Multimorbidity Phenotypes and Effects on Endothelium in Critically Ill Patients with Sepsis and Sepsis-induced ARDS

Project Summary / Abstract Acute respiratory distress syndrome (ARDS) is a common, costly, and often fatal inflammatory lung injury with an in-hospital mortality rate exceeding 40%. The leading cause is sepsis, termed sepsis-induced ARDS (si- ARDS). The incidence of ARDS spikes during bacterial and viral outbreaks, such as the H1N1 and COVID-19 pandemics. Chronic comorbidities, particularly metabolic syndrome (MetS), are independently associated with increased ARDS severity, highlighting a critical gap in understanding and managing these patients.
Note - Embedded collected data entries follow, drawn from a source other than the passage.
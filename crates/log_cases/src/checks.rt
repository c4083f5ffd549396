//! Logs that are checked over a program.
use crate::defects::put_defect;
use case_tables::{Sheet, Tried};
use log_check::{check_behind, check_bytes, check_log, check_rows};
use log_lines::Limits;
use log_stops::CheckStop;
use proof_log::{LogStop, read_log};
use row_relax::Rows;
use std::alloc::{AllocError, Global};
use stn_edge::FixedShelf;
use valid_log::LogVerdict;

/// `check DEPTH HEAD`, over a log: its verdict by its bytes, by its proof and claim, from a file, and where its first HEAD bytes
/// are a head.
pub fn check(alloc: Global, rows: &Rows, sheet: &mut Sheet) -> Tried {
    let depth = sheet.number();
    let head = sheet.number();
    let log = sheet.bytes();
    put_verdict(check_bytes(alloc, rows, depth, log)?, sheet);
    put_verdict(check_read(alloc, rows, depth, log)?, sheet);
    check_file(alloc, rows, depth, log, sheet)?;
    check_behind_head(alloc, rows, depth, head, sheet)
}

fn put_verdict(verdict: LogVerdict, sheet: &mut Sheet) {
    match verdict {
        LogVerdict::Yes(_) => sheet.line("valid"),
        LogVerdict::No(defect) => put_defect(Some(defect), sheet),
    }
}

// The verdict on the log that the bytes are the text of, or their text defect.
fn check_read(
    alloc: Global,
    rows: &Rows,
    depth: u32,
    log: &[u8],
) -> Result<LogVerdict, AllocError> {
    match read_log(alloc, log, &limits_of(rows, depth)) {
        Ok(log) => check_log(alloc, rows, depth, &log),
        Err(LogStop::Defect(defect)) => Ok(LogVerdict::No(defect)),
        Err(LogStop::Memory) => Err(AllocError),
    }
}

fn limits_of(rows: &Rows, depth: u32) -> Limits {
    let slots = rows.program.root.len() as u32;
    Limits {
        rows: rows.program.rows.len() as u32,
        slots,
        points: slots,
        depth,
    }
}

fn put_checked(checked: Result<LogVerdict, CheckStop>, sheet: &mut Sheet) {
    match checked {
        Ok(verdict) => put_verdict(verdict, sheet),
        Err(CheckStop::Memory) => sheet.lacks_memory(),
        Err(CheckStop::Fault) => sheet.refuse(),
    }
}

fn check_file(alloc: Global, rows: &Rows, depth: u32, log: &[u8], sheet: &mut Sheet) -> Tried {
    let mut shelf = FixedShelf::new(alloc);
    shelf.put_file("log", log)?;
    put_checked(check_rows(alloc, rows, depth, &mut shelf, "log"), sheet);
    Ok(())
}

// The version of the head that stands before a log.
const HEAD_VERSION: u8 = 3;

fn check_behind_head(
    alloc: Global,
    rows: &Rows,
    depth: u32,
    head: u64,
    sheet: &mut Sheet,
) -> Tried {
    let mut shelf = FixedShelf::new(alloc);
    shelf.put_file("log", sheet.bytes())?;
    let checked = check_behind(alloc, rows, depth, HEAD_VERSION, head, &mut shelf, "log");
    put_checked(checked, sheet);
    Ok(())
}
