//! Values by compact fields. Most keys that aren't there need no look-up.

ghost use Rattle.std.specs.Prelude.{◌≡◌, ◌<◌, ◌≤◌, [], ℕ, List, None, Some, IfOk, OnOk, if◌then◌else◌};
ghost use Rattle.std.specs.Option.{option_copied};
ghost use Rattle.indexmap.specs.IndexMap.{index_map_len, spare};
ghost use Rattle.spec_keys.specs.Keys.{masked, same};
ghost use Rattle.ovs_fields.specs.Packed.{numbers};
ghost use Rattle.masked_map.specs.Compact.{list_of};
ghost use Rattle.masked_map.specs.Filters.{RulesOut};

use crate::fields::CompactFields;
use crate::index_map::put;
use crate::key_filter::KeyFilter;
use crate::key_words::KeyWords;
use crate::map_mask::MapMask;
use crate::packet_key::PacketKey;
use indexmap::IndexMap;
use std::alloc::{AllocError, Global};

/// A map from compact fields to values, and a filter of its keys.
#[derive(Drop)]
pub(crate) struct CompactMap<V> {
    pub(crate) by_key: IndexMap<CompactFields, V>,
    pub(crate) filter: KeyFilter,
    pub(crate) ghost filtered: { RulesOut filter by_key.entries },
}

impl<V: Drop> CompactMap<V> {
    ghost use Rattle.masked_map.specs.CompactMaps.{value_in};

    /// A map without entries. It takes no memory.
    pub(crate) fn new(alloc: Global) -> CompactMap<V>
        ensures { result.by_key.entries ≡ [] }
    {
        CompactMap {
            by_key: IndexMap::new(alloc),
            filter: KeyFilter::none(alloc),
        }
    }

    /// Makes room for one more key. The only error is out of memory.
    pub(crate) fn reserve(&mut self) -> Result<(), AllocError>
        ensures entries { self.new.by_key.entries ≡ self.old.by_key.entries }
        ensures keeps { spare self.old.by_key ≤ spare self.new.by_key }
        ensures room { OnOk result (0 < spare self.new.by_key) }
    {
        self.by_key.reserve(1)?;
        if self.filter.is_full() && !self.by_key.is_empty() {
            self.filter = filter_of(&self.by_key)?;
        }
        Ok(())
    }

    /// The value of a packet's key under a mask. A map of one key hashes nothing, and asks no filter.
    #[inline(always)]
    pub(crate) fn get(&self, key: &PacketKey<'_>, mask: &MapMask) -> Option<&V>
        ensures { option_copied result
            ≡ value_in self.now (masked (numbers key.now.key.now) (list_of mask.now.bits.fields)) }
    {
        if self.by_key.len() == 1 {
            return self.get_only(key, mask);
        }
        if !self.filter.may_have(key.mark(mask)) {
            return None;
        }
        self.get_hashed(key, mask)
    }

    /// The same in a map of one key.
    #[inline(always)]
    fn get_only(&self, key: &PacketKey<'_>, mask: &MapMask) -> Option<&V>
        requires { index_map_len self.now.by_key ≡ 1 }
        ensures { option_copied result
            ≡ value_in self.now (masked (numbers key.now.key.now) (list_of mask.now.bits.fields)) }
    {
        match self.by_key.get_index(0) {
            Some((own, value)) => { if key.is(own, mask) { Some(value) } else { None } }
            None => unreachable!(),
        }
    }

    /// The same by the hash of the masked key. It is a call of its own, so that whoever asks the filter saves no registers
    /// for it.
    #[inline(never)]
    fn get_hashed(&self, key: &PacketKey<'_>, mask: &MapMask) -> Option<&V>
        ensures { option_copied result
            ≡ value_in self.now (masked (numbers key.now.key.now) (list_of mask.now.bits.fields)) }
    {
        self.by_key.get(&key.masked(&mask.bits.fields))
    }

    /// Gives a key a value. The key is there, or there is room for it.
    pub(crate) fn insert(&mut self, key: CompactFields, value: V) -> Option<V>
        requires { value_in self.old (list_of key) ≡ None → 0 < spare self.old.by_key }
        ensures old { result ≡ value_in self.old (list_of key) }
        ensures values { (q : List ℕ)
            → value_in self.new q
            ≡ (if same q (list_of key) then Some value else value_in self.old q) }
    {
        self.filter.add(KeyWords::of(&key).mark());
        put(&mut self.by_key, key, value)
    }

    /// Takes the value of a key out.
    pub(crate) fn swap_remove(&mut self, key: &CompactFields) -> Option<V>
        ensures old { result ≡ value_in self.old (list_of key.now) }
        ensures values { (q : List ℕ)
            → value_in self.new q
            ≡ (if same q (list_of key.now) then None else value_in self.old q) }
        ensures room { spare self.old.by_key ≤ spare self.new.by_key }
    {
        self.by_key.swap_remove(key)
    }
}

/// A filter of the keys of a map.
fn filter_of<V>(by_key: &IndexMap<CompactFields, V>) -> Result<KeyFilter, AllocError>
    ensures { IfOk result (λ f. RulesOut f by_key.now.entries) }
{
    let mut filter = KeyFilter::for_keys(*by_key.allocator(), by_key.len())?;
    'entries: for (key, _) in by_key.iter() {
        filter.add(KeyWords::of(key).mark());
    }
    Ok(filter)
}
This project aims to address the research gap surrounding multimorbidity and its effects on si-ARDS via endothelial-extracellular vesicle (EV) dysregulation. Our central hypothesis is that patients' baseline comorbidities influence EV intercellular cargo, which in turn affects the pulmonary endothelial cell (EC) response in si-ARDS, explaining clinical heterogeneity. The long-term goal is to define ICU subphenotypes based on multimorbidity status and explore how chronic conditions affect the endothelial-EV response to septic insults and lung injury to inform novel therapeutic strategies. We will leverage the Sepsis ECMO and ARDS (SEA) biorepository, an established biobank at Rhode Island Hospital's medical ICU, with over 260 participants enrolled. The study aims to validate preliminary observations in a larger, more diverse cohort of participants while isolating EVs for mechanistic experiments. We propose to: Aim 1: Identify subphenotypes of sepsis and si-ARDS participants based on chronic comorbidities via unsupervised cluster analysis and test each subphenotype's associations with clinical outcomes such as si- ARDS development and severity, mechanical ventilation, ICU length of stay, and in-hospital mortality. Aim 2: Determine and compare how EVs isolated from si-ARDS subphenotypes affect EC function. Aim 2a: Characterize and compare isolated EVs by cellular origin, then co-incubate EVs with naïve human pulmonary microvascular ECs and perform EC function assays. Aim 2b: Conduct mediation analysis to determine what portion of the observed risk between si-ARDS subphenotypes and clinical outcomes is mediated by EV-EC interaction. This innovative approach aims to phenotype sepsis and si-ARDS patients based on naturally co-occurring comorbidity clusters and unravel EV-EC interactions driving these subphenotypes, providing critical insights for precision-based treatments and preparing for future pandemics.